The gold price is currently around 10% off its 12-month highs, which may provide an opportunity to reinvest for those who believe in the long-term story for gold.

BlackRock World Mining Trust

BlackRock World Mining is also a giant in its sector at £1.4 billion. The closed-end structure has proved useful, allowing the managers to invest in smaller, more illiquid names, take a long-term view and gear into rising markets, all of which have contributed to performance in this volatile asset class.

The group runs an offshore open-ended equivalent, which has performed significantly worse than the closed-end version, losing more in weak markets and gaining less in stronger markets.

Raw agrees that the closed-end structure has some handy tools: "It allows us to gear and therefore be opportunistic about areas that may have had a bad run and look set to bounce back. It also means that we can arbitrage the cost of borrowing. We can take on some fixed-income exposure and generate income from companies paying dividends, generating a yield of 5-6%. Our cost of borrowing is far lower."

Mick Gilligan, head of research at Killik & Co, says this income focus could provide an important catalyst for the discount on the trust (currently 11%) to narrow: "There have been a number of changes to the way the trust can allocate between capital and income. This frees up the managers to pay a higher income. This should ensure a better rating. The discount has already moved in and there is further room for it to contract."

Raw believes that the closed-end structure also allows a longer-term investment horizon, adding: "It is not filled with small and illiquid companies, but it is more likely to be companies where the share price growth takes longer to come through." This has been shown in performance, which has been "lumpy", but strong over three years, up 104%. For the most part it has performed approximately in line with the wider commodities and natural resources IT sector, but it showed significant outperformance in 2009 and underperformance in 2008 and 2011.

Although Raw and Hambro aim to be selective in their exposure, the trust will always be exposed to the fortunes of the economically-sensitive mining sector. Kerry Nelson, a financial adviser at Nexus IFA, says: "It is very volatile and investors have to pick their moment - look at what is going on in the wider economic climate. Mining is a very specific allocation in a portfolio."
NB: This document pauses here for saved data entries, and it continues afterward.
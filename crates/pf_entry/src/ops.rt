//! What one slot of a log does to the chunk.
ghost use Rattle.std.specs.Prelude.{◌≡◌, IfOk};
ghost use Rattle.pf_entry.specs.Ops.{range_of};

use pf_base::{NoMemory, Payload, Range, ServerId, Slot};

/// The effect of a slot (PolarFS: an entry of the log).
#[derive(Drop)]
pub enum Op {
    /// Writes the sectors of its range, 1 to 8 of them.
    Write { range: Range, payload: Payload },
    /// Writes nothing, and can be passed by every other op.
    Noop,
    /// Writes nothing, but overlaps every write: a snapshot can be taken where it is applied.
    Mark,
}

impl Op {
    /// One more holder of the op. Its sectors are shared.
    pub fn try_clone(&self) -> Result<Op, NoMemory>
        ensures { IfOk result (λ op. op ≡ self.now) }
    {
        Ok(match self {
            Op::Write { range, payload } => Op::Write {
                range: *range,
                payload: payload.try_clone()?,
            },
            Op::Noop => Op::Noop,
            Op::Mark => Op::Mark,
        })
    }

    /// The range by which the op is ordered against others: its sectors, none, or the whole chunk.
    #[tactic(auto, unfolding(crate::specs::Ops::range_of))]
    pub fn range(&self) -> Range
        ensures { result ≡ range_of self.now }
    {
        match self {
            Op::Write { range, payload: _ } => *range,
            Op::Noop => Range::none(),
            Op::Mark => Range::all(),
        }
    }
}

/// An op that a server is to apply, claimed in the given life of that server.
#[derive(Drop)]
pub struct Job {
    pub server: ServerId,
    pub life: u64,
    pub slot: Slot,
    pub op: Op,
}
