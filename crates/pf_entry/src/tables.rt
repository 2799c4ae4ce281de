//! Small tables by term or by slot.
ghost use Rattle.std.specs.Prelude.{◌≡◌, IsTrue};
ghost use Rattle.std.specs.FinMap as finite;
ghost use Rattle.pf_entry.specs.Tables.{ascends};
ghost use Rattle.pf_entry.specs.StartMaps.{terms_in, start_rows, starts_of};
ghost use Rattle.pf_entry.specs.Sets as set;

use pf_base::{Slot, Term};
use std::marker::Model;

/// The first slot that the leader of a term proposed by itself.
#[derive(Clone, Copy, Debug, PartialEq, Eq)]
pub struct Start {
    pub term: Term,
    pub first: Slot,
}

/// The starts of terms, seen as a map from terms to first slots. It is kept as a list in the terms' order.
#[derive(Drop)]
pub struct Starts {
    rows: Vec<Start>,
}

impl Model for Starts {
    ghost use Rattle.std.specs.Prelude.{ℕ, IsTrue};
    ghost use Rattle.std.specs.Ordering.{nat_cmp};
    ghost use Rattle.std.specs.Coded.{coded_ℕ};
    ghost use Rattle.std.specs.FinMap as finite;

    ghost Value = { finite.FinMap nat_cmp ℕ };

    ghost coded = { finite.code coded_ℕ coded_ℕ };

    ghost use Rattle.pf_entry.specs.Tables.{ascends};
    ghost use Rattle.pf_entry.specs.StartMaps.{terms_in, starts_of};

    ghost view = { λ a. starts_of a.rows.items };

    ghost invariant = { λ a. IsTrue (ascends (terms_in a.rows.items)) };
}

impl Starts {
    /// The map of these starts, whose terms ascend strictly.
    pub fn new(rows: Vec<Start>) -> Starts
        requires { IsTrue (ascends (terms_in rows.items)) }
        ensures { result ≡ starts_of rows.items }
    {
        Starts { rows }
    }

    /// The starts, in the order of their terms.
    pub fn as_slice(&self) -> &[Start]
        ensures ascending { IsTrue (ascends (terms_in result.now)) }
        ensures entries { finite.entries self.now ≡ start_rows result.now }
    {
        &self.rows
    }

    /// The starts, in the order of their terms.
    pub fn into_vec(self) -> Vec<Start>
        ensures ascending { IsTrue (ascends (terms_in result.items)) }
        ensures entries { finite.entries self ≡ start_rows result.items }
    {
        let Starts { rows } = self;
        rows
    }
}

/// Slots, seen as a set. It is kept as a list in ascending order.
#[derive(Drop)]
pub struct Slots {
    slots: Vec<Slot>,
}

impl Model for Slots {
    ghost use Rattle.std.specs.Prelude.{IsTrue};
    ghost use Rattle.pf_entry.specs.Tables.{ascends};
    ghost use Rattle.pf_entry.specs.Maps.{Numbers};
    ghost use Rattle.pf_entry.specs.Sets as set;

    ghost Value = { Numbers };

    ghost coded = { set.code };

    ghost view = { λ a. set.from_items a.slots.items };

    ghost invariant = { λ a. IsTrue (ascends a.slots.items) };
}

impl Slots {
    /// The set of these slots, which ascend strictly.
    pub fn new(slots: Vec<Slot>) -> Slots
        requires { IsTrue (ascends slots.items) }
        ensures { result ≡ set.from_items slots.items }
    {
        Slots { slots }
    }

    /// The slots in ascending order.
    pub fn as_slice(&self) -> &[Slot]
        ensures ascending { IsTrue (ascends result.now) }
        ensures items { set.items self.now ≡ result.now }
    {
        &self.slots
    }

    /// The slots in ascending order.
    pub fn into_vec(self) -> Vec<Slot>
        ensures ascending { IsTrue (ascends result.items) }
        ensures items { set.items self ≡ result.items }
    {
        let Slots { slots } = self;
        slots
    }
}
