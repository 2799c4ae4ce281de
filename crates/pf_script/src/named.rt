//! Which chunks and groups the lines of a script may name.
ghost use Rattle.std.specs.Prelude.{◌≡◌, ◌≤◌};
ghost use Rattle.pf_script.specs.Lines.{first_named, one_more_group};

/// No volume has more groups.
const MOST_GROUPS: u32 = 8;

/// What the next line may name.
#[derive(Clone, Copy, Debug, PartialEq, Eq)]
pub struct NamedVolume {
    /// The chunks of the volume.
    pub chunks: u32,
    /// The chunks and the `move` lines so far, at most 8: groups below this number, whether they are made or not.
    pub groups: u32,
}

impl NamedVolume {
    /// In a new volume of so many chunks.
    pub fn new(chunks: u32) -> NamedVolume
        ensures { result ≡ first_named chunks }
    {
        NamedVolume {
            chunks,
            groups: chunks,
        }
    }

    /// Behind one `move` line more.
    pub fn one_more(self) -> NamedVolume
        requires { self.groups ≤ 8 }
        ensures { result ≡ one_more_group self }
    {
        NamedVolume {
            chunks: self.chunks,
            groups: MOST_GROUPS.min(self.groups + 1),
        }
    }
}
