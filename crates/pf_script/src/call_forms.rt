//! The forms of a `call` line, and the calls that they ask of a mount.
ghost use Rattle.std.specs.Prelude.{◌≡◌, IfOk, IsTrue, map};

use crate::LineFault;
use crate::form::Form;
use crate::values::{byte, number};
use crate::words::{Word, is};
use pf_base::{Bytes, Call, MOST_FILE_BYTES};
use std::alloc::{AllocError, Global};

/// Offsets and sizes stand below this number.
const FILE_BYTES: u64 = 1 << 32;

/// What a call asks of one path, without a number.
#[derive(Clone, Copy)]
pub enum PathVerb {
    Mkdir,
    Create,
    Unlink,
    Rmdir,
    Stat,
    List,
}

/// The name of a call.
#[derive(Clone, Copy)]
pub enum CallVerb {
    OfPath(PathVerb),
    Truncate,
    Rename,
    Write,
    Read,
}

/// A call whose words have the right count, and spell numbers and bytes where they should. Any word stands for a path.
#[derive(Drop)]
pub enum CallForm<'a> {
    OfPath {
        verb: PathVerb,
        path: Word<'a>,
    },
    Truncate {
        path: Word<'a>,
        size: u64,
    },
    Rename {
        from: Word<'a>,
        to: Word<'a>,
    },
    Write {
        path: Word<'a>,
        offset: u64,
        byte: u8,
        count: u64,
    },
    Read {
        path: Word<'a>,
        offset: u64,
        count: u64,
    },
}

ghost use Rattle.pf_script.specs.CallForms.{path_call_form, truncate_form, rename_form, write_form, read_form, call_verb_of, call_form};
ghost use Rattle.pf_script.specs.Calls.{path_call, call_from, fits_call};

fn of_path<'a>(verb: PathVerb, mount: &[u8], words: &[&'a [u8]]) -> Result<Form<'a>, LineFault>
    ensures { result ≡ path_call_form verb mount.now (map (λ word. word.now) words.now) }
{
    let [path] = words else {
        return Err(LineFault::BadWord);
    };
    Ok(Form::Call {
        mount: number(mount)?,
        call: CallForm::OfPath {
            verb,
            path: Word::new(path),
        },
    })
}

fn truncate<'a>(mount: &[u8], words: &[&'a [u8]]) -> Result<Form<'a>, LineFault>
    ensures { result ≡ truncate_form mount.now (map (λ word. word.now) words.now) }
{
    let [path, size] = words else {
        return Err(LineFault::BadWord);
    };
    Ok(Form::Call {
        mount: number(mount)?,
        call: CallForm::Truncate {
            path: Word::new(path),
            size: number(size)?,
        },
    })
}

fn rename<'a>(mount: &[u8], words: &[&'a [u8]]) -> Result<Form<'a>, LineFault>
    ensures { result ≡ rename_form mount.now (map (λ word. word.now) words.now) }
{
    let [from, to] = words else {
        return Err(LineFault::BadWord);
    };
    Ok(Form::Call {
        mount: number(mount)?,
        call: CallForm::Rename {
            from: Word::new(from),
            to: Word::new(to),
        },
    })
}

fn write<'a>(mount: &[u8], words: &[&'a [u8]]) -> Result<Form<'a>, LineFault>
    ensures { result ≡ write_form mount.now (map (λ word. word.now) words.now) }
{
    let [path, offset, filler, count] = words else {
        return Err(LineFault::BadWord);
    };
    Ok(Form::Call {
        mount: number(mount)?,
        call: CallForm::Write {
            path: Word::new(path),
            offset: number(offset)?,
            byte: byte(filler)?,
            count: number(count)?,
        },
    })
}

fn read<'a>(mount: &[u8], words: &[&'a [u8]]) -> Result<Form<'a>, LineFault>
    ensures { result ≡ read_form mount.now (map (λ word. word.now) words.now) }
{
    let [path, offset, count] = words else {
        return Err(LineFault::BadWord);
    };
    Ok(Form::Call {
        mount: number(mount)?,
        call: CallForm::Read {
            path: Word::new(path),
            offset: number(offset)?,
            count: number(count)?,
        },
    })
}

/// The call of this name. Its first letter leaves few to compare it with.
fn read_call_verb(word: &[u8]) -> Option<CallVerb>
    ensures { result ≡ call_verb_of word.now }
{
    let (first, _) = word.split_first()?;
    match *first {
        b'c' => is(word, b"create").then_some(CallVerb::OfPath(PathVerb::Create)),
        b'l' => is(word, b"list").then_some(CallVerb::OfPath(PathVerb::List)),
        b'm' => is(word, b"mkdir").then_some(CallVerb::OfPath(PathVerb::Mkdir)),
        b'r' if is(word, b"read") => Some(CallVerb::Read),
        b'r' if is(word, b"rename") => Some(CallVerb::Rename),
        b'r' => is(word, b"rmdir").then_some(CallVerb::OfPath(PathVerb::Rmdir)),
        b's' => is(word, b"stat").then_some(CallVerb::OfPath(PathVerb::Stat)),
        b't' => is(word, b"truncate").then_some(CallVerb::Truncate),
        b'u' => is(word, b"unlink").then_some(CallVerb::OfPath(PathVerb::Unlink)),
        b'w' => is(word, b"write").then_some(CallVerb::Write),
        _ => None,
    }
}

/// The form of a `call` line that has these words after its first.
///
/// A wrong name of a call or count of words is `BadWord` (20), also where a number is wrong too. Else the first word from
/// the left that should be a number or a byte and is none is `BadNumber` (21).
pub fn read_call<'a>(words: &[&'a [u8]]) -> Result<Form<'a>, LineFault>
    ensures { result ≡ call_form (map (λ word. word.now) words.now) }
{
    let [mount, name, words @ ..] = words else {
        return Err(LineFault::BadWord);
    };
    match read_call_verb(name) {
        Some(CallVerb::OfPath(verb)) => of_path(verb, mount, words),
        Some(CallVerb::Truncate) => truncate(mount, words),
        Some(CallVerb::Rename) => rename(mount, words),
        Some(CallVerb::Write) => write(mount, words),
        Some(CallVerb::Read) => read(mount, words),
        None => Err(LineFault::BadWord),
    }
}

impl PathVerb {
    fn call(self, path: Bytes) -> Call<Bytes>
        ensures { result ≡ path_call self path }
    {
        match self {
            PathVerb::Mkdir => Call::Mkdir { path },
            PathVerb::Create => Call::Create { path },
            PathVerb::Unlink => Call::Unlink { path },
            PathVerb::Rmdir => Call::Rmdir { path },
            PathVerb::Stat => Call::Stat { path },
            PathVerb::List => Call::List { path },
        }
    }
}

impl<'a> CallForm<'a> {
    /// Whether its numbers lie in their ranges.
    pub fn fits(&self) -> bool
        ensures { result ≡ fits_call (call_from self.now) }
    {
        match self {
            CallForm::OfPath { .. } => true,
            CallForm::Truncate { size, .. } => *size < FILE_BYTES,
            CallForm::Rename { .. } => true,
            CallForm::Write { offset, count, .. } => *offset < FILE_BYTES
                && *count <= MOST_FILE_BYTES as u64,
            CallForm::Read { offset, count, .. } => *offset < FILE_BYTES
                && *count <= MOST_FILE_BYTES as u64,
        }
    }

    /// The call, with copies of its words.
    pub fn call(&self, alloc: Global) -> Result<Call<Bytes>, AllocError>
        requires { IsTrue (fits_call (call_from self.now)) }
        ensures { IfOk result (λ call. call ≡ call_from self.now) }
    {
        match self {
            CallForm::OfPath { verb, path } => Ok(verb.call(path.copied(alloc)?)),
            CallForm::Truncate { path, size } => Ok(Call::Truncate {
                path: path.copied(alloc)?,
                size: *size as u32,
            }),
            CallForm::Rename { from, to } => Ok(Call::Rename {
                from: from.copied(alloc)?,
                to: to.copied(alloc)?,
            }),
            CallForm::Write {
                path,
                offset,
                byte,
                count,
            } => Ok(Call::Write {
                path: path.copied(alloc)?,
                offset: *offset as u32,
                byte: *byte,
                count: *count as u32,
            }),
            CallForm::Read {
                path,
                offset,
                count,
            } => Ok(Call::Read {
                path: path.copied(alloc)?,
                offset: *offset as u32,
                count: *count as u32,
            }),
        }
    }
}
She believes that the trust is likely to do well if the economic climate improves.

The verdict

The team has plenty of experience, but the departure of Graham Birch has coincided with more uneven performance. This may, however, be due to the more difficult market conditions seen since the credit crunch.

The World Mining Trust offers generalised commodity exposure and, as such, can be volatile, but the investment trust structure has helped the managers deliver better performance than its open-ended equivalent and the new income structure may narrow the discount.

Nelson believes the Gold & General fund is a "steady-eddy" diversifier that is unlikely to see the big swings of a pure mining fund. Gold & General is a buy-and-hold investment, the World Mining Trust is for those feeling bullish about the market environment.

This article is for information and discussion purposes only and does not form a recommendation to invest or otherwise. The value of an investment may fall. The investments referred to in this article may not be suitable for all investors, and if in doubt, an investor should seek advice from a qualified investment adviser.